*** Data for this task Section Begins ***

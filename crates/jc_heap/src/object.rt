//! What an object is.
ghost use Rattle.std.specs.Prelude.{◌≡◌, false};
ghost use Rattle.jc_heap.specs.Object.{kind_number, header_number, kind_of, event_of, is_header, is_packed_header, has_bytes, is_packed, words_of_cells};

use jc_transient::{ClassWord, ClearEvent, OwnerWord};

/// What an object holds.
#[derive(Clone, Copy, Default, PartialEq, Eq)]
pub enum Kind {
    #[default]
    Instance,
    BooleanArray,
    ByteArray,
    ShortArray,
    ReferenceArray,
}

impl Kind {
    // The kind as a number of the image.
    pub(crate) fn number(self) -> u16
        ensures { result ≡ kind_number self }
    {
        match self {
            Kind::Instance => 1,
            Kind::BooleanArray => 2,
            Kind::ByteArray => 3,
            Kind::ShortArray => 4,
            Kind::ReferenceArray => 5,
        }
    }

    // The first word of the header of a persistent object of this kind: of a new one two bytes stand in a word.
    pub(crate) fn header_number(self) -> u16
        ensures { result ≡ header_number self (has_bytes self) }
    {
        if self.has_bytes() {
            return self.number() + 4;
        }
        self.number()
    }

    /// Whether the elements are bytes: those of byte and boolean arrays.
    #[inline(always)]
    pub(crate) fn has_bytes(self) -> bool
        ensures { result ≡ has_bytes self }
    {
        matches!(self, Kind::BooleanArray | Kind::ByteArray)
    }

    // The kind of a number of the image.
    #[inline(always)]
    pub(crate) fn of(number: u16) -> Kind
        ensures { result ≡ kind_of number }
    {
        match number {
            2 | 6 => Kind::BooleanArray,
            3 | 7 => Kind::ByteArray,
            4 => Kind::ShortArray,
            5 => Kind::ReferenceArray,
            _ => Kind::Instance,
        }
    }
}

// The word has a kind and an event, as the first one of a header.
pub(crate) fn begins_header(word: u16) -> bool
    ensures { result ≡ is_header word }
{
    let kind = word % 256;
    is_packed_header(word) || (kind > 0 && kind < 6 && word / 256 < 3)
}

// The word is the first one of the header of an array of which two elements stand in a word.
#[inline(always)]
pub(crate) fn is_packed_header(word: u16) -> bool
    ensures { result ≡ is_packed_header word }
{
    word == 6 || word == 7
}

// How many words hold n cells, where two stand in a word or not.
pub(crate) fn words_of_cells(packed: bool, length: u16) -> u32
    ensures { result ≡ words_of_cells packed length }
{
    if packed {
        return (u32::from(length) + 1) / 2;
    }
    u32::from(length)
}

// The event of a number of the image.
#[inline(always)]
pub(crate) fn event_of_number(number: u16) -> Option<ClearEvent>
    ensures { result ≡ event_of number }
{
    match number {
        0 => None,
        1 => Some(ClearEvent::Reset),
        _ => Some(ClearEvent::Deselect),
    }
}

/// What an object's header says.
#[derive(Clone, Copy, Default)]
pub struct Facts {
    pub kind: Kind,
    /// What clears the object's cells; none, where it is persistent.
    pub event: Option<ClearEvent>,
    // The words of the class and of the owner: code sees them as `class()` and `owner()`, contracts as these words.
    pub(crate) class: u16,
    pub(crate) owner: u16,
    /// The number of cells.
    pub length: u16,
    /// The first cell of a transient object in its area, 0 of a persistent one.
    pub place: u16,
    /// Whether two elements stand in a word: those of persistent arrays of bytes and of booleans, but for the ones of
    /// older images.
    pub packed: bool,
}

impl Facts {
    /// What a header says of an object with this kind, event, class and owner, n cells, its first cell there, and
    /// a word for each cell.
    pub const fn new(
        kind: Kind,
        event: Option<ClearEvent>,
        class: ClassWord,
        owner: OwnerWord,
        length: u16,
        place: u16,
    ) -> Facts
        ensures { result ≡ record {
          kind = kind;
          event = event;
          class = class;
          owner = owner;
          length = length;
          place = place;
          packed = false;
        } }
    {
        Facts {
            kind,
            event,
            class: class.0,
            owner: owner.0,
            length,
            place,
            packed: false,
        }
    }

    /// The class of an instance, or that of an array's elements, where they are references.
    pub const fn class(self) -> ClassWord
        ensures { result ≡ self.class }
    {
        ClassWord(self.class)
    }

    /// The owner.
    pub const fn owner(self) -> OwnerWord
        ensures { result ≡ self.owner }
    {
        OwnerWord(self.owner)
    }

    // Whether two elements stand in a word.
    #[inline(always)]
    pub(crate) fn is_packed(self) -> bool
        ensures { result ≡ is_packed self }
    {
        self.kind.has_bytes() && self.packed
    }
}
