//! A heap: reading, cells, transactions.
ghost use Rattle.std.specs.Prelude.{ℕ, ◌≡◌, ◌<◌, ◌≤◌, [], ◌∷◌, true, false, length, slice_index, OnOk, ◌+◌, ◌↔◌, IsTrue, None, IfSome, IfOk};
ghost use Rattle.jc_words.specs.Count.{saturating_count};
ghost use Rattle.jc_words.specs.Layout.{least_capacity, most_capacity};
ghost use Rattle.jc_words.specs.Refusals.{with_fuse_at};
ghost use Rattle.jc_heap.specs.Object.{IsElement};
ghost use Rattle.jc_heap.specs.Image.{IsWellFormed};
ghost use Rattle.jc_heap.specs.Heap.{HeapView, heap_view, IsSound, cells, facts, IsObject, HasEnd, next_object, room_left};
ghost use Rattle.jc_heap.specs.Heap.{KeepsBelowTop};
ghost use Rattle.jc_heap.specs.Packed.{low_bytes};
ghost use Rattle.jc_heap.specs.Elements.{elements_of};
ghost use Rattle.jc_heap.specs.Heap.Store.{HoldsHeap, IsAtRest, heap_of_store_at_rest};
ghost use Rattle.jc_heap.specs.declared.object.Kind.TheVariants.{Instance};
ghost use Rattle.jc_heap.specs.declared.place.Place.TheVariants.{Cell};
ghost use Rattle.jc_heap.specs.Moves.{Write, SetCells, Begin, Commit, Abort, PerformsMoves, PerformsMovesUnless, refusal_of_places, refusal_of_cells};
ghost use Rattle.jc_heap.specs.Completions.{Completed, after_change, after_step};

use crate::changes::Elements;
use crate::elements::{
    cell_bytes, cell_value, change_run, known_cell_word, known_word_for, run_for,
};
use crate::lookup::{facts_at, is_persistent_instance, next_behind};
use crate::object::Facts;
use crate::place::Place;
use crate::refusal::ChangeRefusal;
use crate::walk::{begins_package, begins_record};
use jc_commit::Journal;
use jc_transient::Ref;
use jc_words::layout::{TEXT_LENGTH, TEXT_START, TOP};
use jc_words::{CopyStore, FuseStore, StoreDown, WordStore};
use std::alloc::{AllocError, Global};
use std::marker::Model;

/// Objects by reference, with transactions.
///
/// A contract sees two heaps: the heap as it is, and the heap that a completed recovery would leave.
/// After a refused write nothing but a power up may follow.
#[derive(Drop)]
pub struct Heap<S: WordStore> {
    pub(crate) journal: Journal<S>,
    // Where the heap ends.
    pub(crate) size: u16,
}

impl<S: WordStore> Model for Heap<S> {
    ghost use Rattle.jc_heap.specs.Heap.{HeapView, heap_view, IsSound};

    ghost Value = { HeapView };

    ghost view = { λ h. heap_view h.journal h.size };

    ghost invariant = { λ h. IsSound h.journal h.size };
}

impl<S: CopyStore> Heap<S> {
    /// Another heap over a copy of the store. Without memory for it, it answers the error.
    pub fn copy(&self, alloc: Global) -> Result<Heap<S>, AllocError>
        ensures { IfOk result (λ copy. copy ≡ self.now) }
    {
        let journal = self.journal.copy(alloc)?;
        Ok(Heap {
            journal,
            size: self.size,
        })
    }
}

impl<S: WordStore> Heap<FuseStore<S>> {
    /// Arms the fuse of the store, while no transaction is open: `k` further writes pass, and the next is refused.
    pub fn arm(&mut self, k: u64)
        requires up { self.old.down ≡ false }
        requires outside { self.old.begun ≡ false }
        ensures armed { self.new ≡ record self.old {
          refusals = with_fuse_at (saturating_count self.old.passed k) self.old.refusals;
        } }
        ensures settled { self.old.durable ≡ self.old.now }
        ensures none { self.old.touched ≡ [] }
    {
        self.journal.arm(k);
    }
}

impl<S: WordStore> Heap<S> {
    /// A cell of a persistent object.
    #[inline(always)]
    pub fn get(&self, object: Ref, i: u16) -> u16
        requires up { self.now.down ≡ false }
        requires cell { i < length (cells self.now.now object) }
        ensures { result ≡ slice_index (cells self.now.now object) i }
    {
        cell_value(&self.journal, object, i)
    }

    /// The low bytes of a persistent object's cells from an index on, which are the elements of an array of bytes.
    #[inline(always)]
    pub fn bytes(&self, object: Ref, i: u16, out: &mut [u8])
        requires up { self.now.down ≡ false }
        requires cells { i + length out.old ≤ length (cells self.now.now object) }
        ensures { out.new ≡ low_bytes (cells self.now.now object) i (length out.old) }
    {
        cell_bytes(&self.journal, object, i, out);
    }

    /// What an object's header says.
    #[inline(always)]
    pub fn facts(&self, object: Ref) -> Facts
        requires up { self.now.down ≡ false }
        requires there { IsObject self.now.now object }
        ensures facts { result ≡ facts self.now.now object }
        ensures cells { result.event ≡ None → length (cells self.now.now object) ≡ result.length }
    {
        facts_at(&self.journal, object)
    }

    /// Whether an object is persistent and no array.
    #[inline(always)]
    pub fn is_persistent_instance(&self, object: Ref) -> bool
        requires up { self.now.down ≡ false }
        requires there { IsObject self.now.now object }
        ensures { IsTrue result ↔ (((facts self.now.now object).event ≡ None)
            × ((facts self.now.now object).kind ≡ Instance)) }
    {
        is_persistent_instance(&self.journal, object)
    }

    /// The address that the next object gets: each object lies below it.
    pub fn top(&self) -> u16
        requires { self.now.down ≡ false }
        ensures top { result ≡ self.now.now.top }
        ensures some { 0 < result }
        ensures end { HasEnd self.now.now }
    {
        self.journal.read(TOP)
    }

    /// Whether a word is the reference of an object. It takes a walk over the heap.
    #[inline(never)]
    pub fn is_object(&self, word: u16) -> bool
        requires { self.now.down ≡ false }
        ensures { IsTrue result ↔ IsObject self.now.now word }
    {
        let text = u32::from(self.journal.read(TEXT_LENGTH));
        let from = TEXT_START + (text + 1) / 2;
        if !begins_record(&self.journal, from as u16, word) {
            return false;
        }
        !begins_package(&self.journal, word)
    }

    /// The object after another one in the order of addresses, or the first one of all after null.
    pub fn next(&self, object: Ref) -> Option<Ref>
        requires up { self.now.down ≡ false }
        requires there { (object ≡ 0 → ⊥) → IsObject self.now.now object }
        ensures next { result ≡ next_object self.now.now object }
        ensures object { IfSome result (λ q. IsObject self.now.now q) }
    {
        next_behind(&self.journal, object)
    }

    /// Sets a cell of a persistent object.
    #[inline(always)]
    pub fn set(&mut self, object: Ref, i: u16, v: u16) -> Result<(), ChangeRefusal>
        requires up { self.old.down ≡ false }
        requires cell { i < length (cells self.old.now object) }
        requires value { IsElement (facts self.old.now object).kind v }
        ensures { PerformsMovesUnless (refusal_of_places self.old (Cell object i ∷ [])) self.old
            (after_change result self.new) (Write (Cell object i) v ∷ []) tt }
    {
        self.write(Place::Cell(object, i), v)
    }

    /// Sets a cell of a persistent object whose header says this. It is not read again.
    #[inline(always)]
    pub fn set_known(
        &mut self,
        object: Ref,
        header: Facts,
        i: u16,
        v: u16,
    ) -> Result<(), ChangeRefusal>
        requires up { self.old.down ≡ false }
        requires header { header ≡ facts self.old.now object }
        requires cell { i < length (cells self.old.now object) }
        requires value { IsElement (facts self.old.now object).kind v }
        ensures { PerformsMovesUnless (refusal_of_places self.old (Cell object i ∷ [])) self.old
            (after_change result self.new) (Write (Cell object i) v ∷ []) tt }
    {
        let value = known_word_for(&self.journal, header, object, i, v);
        let word = known_cell_word(header, object, i);
        self.journal.write(word, value)?;
        Ok(())
    }

    /// Sets the cells of a persistent object from an index on, as one change. Elements that share a word with one of them
    /// stay.
    pub fn set_run(&mut self, object: Ref, i: u16, values: Elements) -> Result<(), ChangeRefusal>
        requires up { self.old.down ≡ false }
        requires cells { i + length (elements_of values) ≤ length (cells self.old.now object) }
        requires values { (k : ℕ) → k < length (elements_of values)
            → IsElement (facts self.old.now object).kind (slice_index (elements_of values) k) }
        ensures { PerformsMovesUnless (refusal_of_cells self.old object i (elements_of values.entry))
            self.old (after_change result self.new)
            (SetCells object i (elements_of values.entry) ∷ []) tt }
    {
        let run = run_for(&self.journal, object, i, values);
        change_run(&mut self.journal, run)?;
        Ok(())
    }

    /// Whether a transaction is open.
    pub fn is_open(&self) -> bool
        ensures open { result ≡ self.now.begun }
        // Outside a transaction a loss of power leaves the heap as it is.
        ensures settled { self.now.down ≡ false → result ≡ false → self.now.durable ≡ self.now.now }
    {
        self.journal.is_open()
    }

    /// How many places' old values a transaction can keep.
    pub fn commit_capacity(&self) -> u16
        ensures exact { result ≡ self.now.durable.capacity }
        ensures least { least_capacity ≤ result }
        ensures most { result ≤ most_capacity }
    {
        self.journal.capacity()
    }

    /// How many more places' old values the transaction can keep.
    pub fn room(&self) -> u16
        ensures left { result ≡ room_left self.now }
        ensures within { result + length self.now.touched ≡ self.now.durable.capacity }
        ensures most { result ≤ most_capacity }
    {
        self.journal.room()
    }

    /// Begins a transaction. Nothing is written.
    #[inline(always)]
    pub fn begin(&mut self)
        requires up { self.old.down ≡ false }
        requires outside { self.old.begun ≡ false }
        ensures moves { PerformsMoves {A = Unit {0}} self.old (Completed tt self.new)
            (Begin ∷ []) tt }
        ensures settled { self.old.durable ≡ self.old.now }
        ensures none { self.old.touched ≡ [] }
    {
        self.journal.begin();
    }

    /// Ends the transaction, whose changes then stay.
    #[inline(always)]
    pub fn commit(&mut self) -> Result<(), StoreDown>
        requires up { self.old.down ≡ false }
        requires inside { self.old.begun ≡ true }
        ensures { PerformsMoves self.old (after_step result self.new) (Commit ∷ []) tt }
    {
        self.journal.commit()?;
        Ok(())
    }

    /// Takes the transaction back. Of what stood, what stands below the new top is left.
    pub fn abort(&mut self) -> Result<(), StoreDown>
        requires up { self.old.down ≡ false }
        requires inside { self.old.begun ≡ true }
        ensures moves { PerformsMoves self.old (after_step result self.new) (Abort ∷ []) tt }
        ensures names { OnOk result (KeepsBelowTop self.old.now self.new.now) }
    {
        self.journal.abort()?;
        Ok(())
    }

    /// A heap at rest, over a journal whose words are laid and in which nothing is open. Nothing is read
    /// or written.
    pub fn of_journal(journal: Journal<S>, size: u16) -> Heap<S>
        requires size { size ≡ length journal.plain }
        requires settled { journal.recovered ≡ journal.plain }
        requires laid { IsWellFormed journal.plain }
        ensures { result ≡ heap_view journal size }
    {
        Heap { journal, size } // as it was given
    }

    /// The journal, for the layer that keeps whole images.
    pub fn into_journal(self) -> Journal<S>
        ensures view { heap_view result self.size ≡ self }
        ensures sound { IsSound result self.size }
    {
        let Heap { journal, size: _ } = self;
        journal
    }

    /// A heap at rest, over a store as `into_store` gives it while no transaction is open. Nothing is
    /// read or written.
    pub fn resume(store: S) -> Heap<S>
        requires { IsAtRest (S.words store) (S.down store) }
        ensures { result ≡ heap_of_store_at_rest (S.words store) (S.passed store)
            (S.refusals store) }
    {
        let journal = Journal::resume(store);
        let size = journal.limit();
        Heap { journal, size }
    }

    /// The store, for a power up or for `resume`.
    pub fn into_store(self) -> S
        ensures { HoldsHeap (S.words result) (S.down result) (S.passed result)
            (S.refusals result) self }
    {
        let Heap { journal, size: _ } = self;
        journal.into_store()
    }
}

*** Data for this task Section Ends ***

What is being asked. Isolate the lines above that contain the word "resume" and copy them.

Reply.
    pub fn resume(store: S) -> Heap<S>
        let journal = Journal::resume(store);
    /// The store, for a power up or for `resume`.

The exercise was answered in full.